Viktor (Bed) (secular name Віктор Васильович Бедь; born on May 5, 1964), is a Bishop of the Orthodox Church of Ukraine (before that UOC (MP), UAOC), elected on June 3, 2015, the permanent member of the Holy Synod of the Orthodox Church of Ukraine, and is the Bishop of the Mukachevo-Carpathian Diocese of the PSCU.

He was a member of parliament, People's Deputy of Ukraine of the 1st convocation from 1990 to 1994. He was a co-founder and member of the anti-communist faction "People's Council" in the Verkhovna Rada, and was the Secretary of the Opposition Radical Group in the Verkhovna Rada, headed by Vyacheslav Chornovil, from 1990 to 1994.

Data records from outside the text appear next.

// The derivations of document 01's cases 2, 4, 5, 7 and 11, other orders, and the smallest examples of its numbers 9 to 11 and
// 20 to 26.
#![tactic(auto)]

use calculus::{Kind, Verdict};
use checker::NotPassed;
use print::{Hexadecimal, Refused};
use std::io;
use writer::{NotWritten, Written};

const BUDGET: u64 = 1000000;

// One line: what the checker answers.
fn check(rt: &impl Print, q: &[u8], derivation: &[u8]) -> io::Result<()> {
    match checker::check(q, derivation) {
        Ok(()) => println!(rt; "passes"),
        Err(NotPassed::Refused(r)) => print!(rt; "{}", Refused(r)),
        Err(NotPassed::Faulty(f)) => println!(rt; "faulty {} {}", f.number(), f.place()),
    }
}

// A verdict with no derivation: its number, the state of a refuted question, and both counts.
fn unproved(rt: &impl Print, v: Verdict) -> io::Result<()> {
    let Verdict {
        kind,
        reductions,
        closings,
    } = v;
    match kind {
        Kind::Theorem => println!(rt; "theorem {reductions} {closings}"),
        Kind::Spent => println!(rt; "spent 9 {reductions} {closings}"),
        Kind::Refuted(state) => println!(rt; "not proved 10 {state} {reductions} {closings}"),
    }
}

// One line: what the writer answered. Numbers are text here, apart from the code that gives them.
fn answer(rt: &impl Print, a: Result<Written, NotWritten>) -> io::Result<()> {
    match a {
        Ok(w) => println!(rt;
            "written {} {} {}",
            w.length, w.verdict.reductions, w.verdict.closings
        ),
        Err(NotWritten::Refused(r)) => print!(rt; "{}", Refused(r)),
        Err(NotWritten::NotProved(v)) => unproved(rt, v),
        Err(NotWritten::NoSpace(n)) => println!(rt; "no space 11 {n}"),
    }
}

// The writer's answer, and what the lent buffer holds after it.
fn lend(rt: &impl Print, q: &[u8], budget: u64, buffer: &mut [u8]) -> io::Result<()> {
    answer(rt, writer::derive(q, budget, buffer))?;
    println!(rt; "buffer {}", Hexadecimal(buffer))
}

// The writer's answer, and the derivation with what the checker says of it.
fn derive(rt: &impl Print, q: &[u8], buffer: &mut [u8]) -> io::Result<()> {
    let a = writer::derive(q, BUDGET, buffer);
    answer(rt, a)?;
    if let Ok(written) = a {
        let derivation = &buffer[..written.length as usize];
        println!(rt; "{}", Hexadecimal(derivation))?;
        check(rt, q, derivation)?;
    }
    Ok(())
}

// Cases 2, 4, 5, 7 and 11.
fn cases(rt: &impl Print) -> io::Result<()> {
    let mut buffer = [0u8; 4096];
    derive(rt, b"\x10\x01\x01\x00\x20\x01\x01\x00", &mut buffer)?;
    derive(
        rt,
        b"\x10\x01\x02\x04\x01\x00\x01\x01\x20\x01\x02\x01\x00",
        &mut buffer,
    )?;
    derive(
        rt,
        b"\x10\x00\x20\x01\x05\x03\x02\x01\x00\x02\x01\x01\x06\x01\x00\x01\x01",
        &mut buffer,
    )?;
    derive(rt, b"\x10\x00\x20\x01\x06\x01\x00\x01\x00", &mut buffer)?;
    derive(
        rt,
        b"\x10\x01\x03\x01\x00\x01\x01\x20\x01\x03\x01\x00\x01\x01",
        &mut buffer,
    )
}

// Case 4 reduced in other orders than ours: the formula on the right first, and the place behind it first.
fn other_orders(rt: &impl Print) -> io::Result<()> {
    let q = b"\x10\x01\x02\x04\x01\x00\x01\x01\x20\x01\x02\x01\x00";
    check(rt, q, b"\x62\x00\x52\x00\x64\x00\x41\x00")?;
    check(rt, q, b"\x52\x00\x64\x01\x62\x00\x41\x00")
}

// 20 to 26. The empty sequent is the smallest question; 23 asks for a formula, and 25 for a theorem.
fn faults(rt: &impl Print) -> io::Result<()> {
    let empty = b"\x10\x00\x20\x00";
    check(rt, empty, b"")?;
    check(rt, empty, b"\x00\x00")?;
    check(rt, empty, b"\x52\x00")?;
    check(rt, empty, b"\x62\x00")?;
    check(rt, b"\x10\x01\x01\x00\x20\x00", b"\x52\x00")?;
    check(rt, b"\x10\x00\x20\x01\x01\x00", b"\x62\x00")?;
    check(rt, b"\x10\x01\x02\x01\x00\x20\x00", b"\x53\x00")?;
    check(rt, empty, b"\x41\x00")?;
    check(rt, b"\x10\x01\x01\x00\x20\x00", b"\x41\x00")?;
    check(rt, b"\x10\x01\x01\x00\x20\x01\x01\x00", b"\x41\x00\x41")?;
    check(rt, b"", b"\x41\x00")
}

// Case 11 by the table alone; then the faults at 42: cut short, no formula at either place, bytes left over, and the two
// formulas letters, and different.
fn pairs(rt: &impl Print) -> io::Result<()> {
    let q = b"\x10\x01\x03\x01\x00\x01\x01\x20\x01\x03\x01\x00\x01\x01";
    check(rt, q, b"\x53\x00\x63\x00\x41\x00\x41\x01")?;
    check(rt, q, b"\x42")?;
    check(rt, q, b"\x42\x00")?;
    check(rt, q, b"\x42\x01\x00")?;
    check(rt, q, b"\x42\x00\x01")?;
    check(rt, q, b"\x42\x00\x00\x42")?;
    check(rt, b"\x10\x01\x01\x00\x20\x01\x01\x00", b"\x42\x00\x00")?;
    check(
        rt,
        b"\x10\x01\x02\x01\x00\x20\x01\x02\x01\x01",
        b"\x42\x00\x00",
    )
}

// Case 7, with the second premise at fault: its place is behind the first's derivation.
fn second_premise(rt: &impl Print) -> io::Result<()> {
    let q = b"\x10\x00\x20\x01\x06\x01\x00\x01\x00";
    check(rt, q, b"\x66\x00\x41\x00")?;
    check(rt, q, b"\x66\x00\x41\x00\x41\x01")
}

// Cases 9 and 10, by their budgets.
fn failing(rt: &impl Print, budget: u64, buffer: &mut [u8]) -> io::Result<()> {
    let q =
        b"\x10\x00\x20\x01\x05\x03\x05\x01\x00\x04\x01\x01\x01\x02\x05\x01\x02\x01\x03\x05\x03\x01\x00\x01\x01\x01\x03";
    lend(rt, q, budget, buffer)
}

// 9 to 11 and a refused question: the buffer keeps its content. Then a derivation with space behind it.
fn unwritten(rt: &impl Print) -> io::Result<()> {
    let mut buffer = [0xeeu8; 4];
    lend(rt, b"\x10\x01\x02\x01\x00\x20\x00", 0, &mut buffer)?;
    lend(rt, b"\x10\x00\x20\x00", BUDGET, &mut buffer)?;
    failing(rt, 7, &mut buffer)?;
    failing(rt, 8, &mut buffer)?;
    lend(
        rt,
        b"\x10\x00\x20\x01\x06\x01\x00\x01\x00",
        BUDGET,
        &mut buffer,
    )?;
    lend(rt, b"", BUDGET, &mut buffer)?;
    lend(rt, b"\x10\x01\x01\x00\x20\x01\x01\x00", 0, &mut buffer)
}

// Letter 63 closes, letter 31 does not, and a state has bit 63.
fn highest_letter(rt: &impl Print) -> io::Result<()> {
    let mut buffer = [0u8; 4096];
    let q = b"\x10\x01\x01\x3f\x20\x01\x01\x3f";
    derive(rt, q, &mut buffer)?;
    check(rt, q, b"\x41\x1f")?;
    let mut four = [0xeeu8; 4];
    lend(rt, b"\x10\x01\x01\x3f\x20\x00", BUDGET, &mut four)
}

fn main(rt: HostRuntime) -> io::Result<()> {
    cases(&rt)?;
    other_orders(&rt)?;
    faults(&rt)?;
    pairs(&rt)?;
    second_premise(&rt)?;
    unwritten(&rt)?;
    highest_letter(&rt)
}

He is a Doctor of Theological Sciences, Doctor of Laws, Professor, Academician. He is a first-rank civil servant. He was a member of the National Union of Journalists and of the Association of Lawyers of Ukraine.

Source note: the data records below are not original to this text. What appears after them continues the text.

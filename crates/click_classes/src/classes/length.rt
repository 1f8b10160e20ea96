//! The classes that change or test the length of packets: Strip and CheckLength.

ghost use Rattle.std.specs.Prelude.{◌≡◌, length, nat_le, if◌then◌else◌};
ghost use Rattle.click_classes.specs.Made.{strip, check_length};

use crate::arguments::Arguments;
use crate::fault::ArgFault;
use crate::packet_effects::Verdict;
use crate::state::State;
use click_packet::Packet;

/// `Strip(N)` removes bytes from the front of packets.
///
/// - Arguments: N, a number from 0 to 1,600.
/// - Ports: one agnostic input, one agnostic output.
/// - The first N bytes of the packet are removed, or all if it has fewer.
/// - Handlers: none.
///
/// ```click
/// FromDevice(a) -> Strip(14) -> CheckIPHeader -> Discard;
/// ```
///
/// ```calls
/// FromDevice(a) -> Strip(2) -> Queue -> ToDevice(x);
/// > poll a 616263646566,61
/// entered 2
/// > transmit x
/// sent 63646566 0 0.0.0.0
/// > transmit x
/// sent - 0 0.0.0.0
/// ```
#[tactic(auto, unfolding(crate::specs::Made::strip))]
pub fn make_strip(arguments: &Arguments) -> Result<State, ArgFault>
    ensures { result ≡ strip arguments.now }
{
    let count = arguments.only_number(1_600)?;
    Ok(State::Strip {
        count: count as u16,
    })
}

/// `CheckLength(MAX)` separates long packets from the others.
///
/// - Arguments: MAX, a number from 0 to 65,535.
/// - Ports: one agnostic input; one agnostic output, and optionally a push output 1.
/// - Packets of at most MAX bytes pass. A longer packet is pushed to output 1 if that is connected,
///   and is dropped otherwise. If it was pulled, the pull returns no packet.
/// - Handlers: none.
///
/// ```click
/// FromDevice(a) -> l :: CheckLength(1500) -> Discard; l [1] -> Discard;
/// ```
///
/// ```calls
/// FromDevice(a) -> l :: CheckLength(3) -> Queue -> ToDevice(x); l [1] -> Queue -> ToDevice(y);
/// FromDevice(b) -> q :: Queue -> CheckLength(3) -> ToDevice(z);
/// > poll a 63646566,636465
/// entered 2
/// > transmit x
/// sent 636465 0 0.0.0.0
/// > transmit x
/// sent none
/// > transmit y
/// sent 63646566 0 0.0.0.0
/// > poll b 63646566,63
/// entered 2
/// > transmit z
/// sent none
/// > read q.length
/// value 31
/// > transmit z
/// sent 63 0 0.0.0.0
/// ```
#[tactic(auto, unfolding(crate::specs::Made::check_length))]
pub fn make_check_length(arguments: &Arguments) -> Result<State, ArgFault>
    ensures { result ≡ check_length arguments.now }
{
    let max = arguments.only_number(65_535)?;
    Ok(State::CheckLength { max: max as u16 })
}

/// Returns where a packet goes after a CheckLength: to the side output if it is too long.
pub fn length_verdict(max: u16, packet: &Packet) -> Verdict
    ensures { result ≡ (if nat_le (length packet.now.bytes) max then Verdict.Forward else Verdict.SideOutput) }
{
    if packet.bytes().len() <= usize::from(max) {
        Verdict::Forward
    } else {
        Verdict::SideOutput
    }
}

==Early life and education==

Bed was born on May 5, 1964, in Tyachev, Transcarpathian region in a family of engineers. His father was Vasyl Ivanovych, and his mother Kateryna Kyryllivna.

Bed spent his childhood in Transcarpathia, in the village of Teresva of the Tyachiv district.

From 1982 to 1983, he studied at the law department of the Kiev technical school of the hotel industry, and in 1983, became a student of the Law Faculty of Ivan Franko State University of Lviv State University, where he graduated with honors in 1988.

== Career ==
=== Early career ===
After graduating from university, until 1994, he worked in the Transcarpathian Regional Board of Advocates in the post of lawyer in 1988, and therefore, in 1989, he was a lawyer of Tyachivska, and later Uzhgorod district legal consultations.

In the late 1980s and early 1990s, he actively participated in national-patriotic competitions for Ukraine's state independence. He was one of the co-founders and leaders of the People's Movement of Ukraine for restructuring in Transcarpathia.

Between 1989 and 1991 he was elected chairman of the Tyachiv district organization.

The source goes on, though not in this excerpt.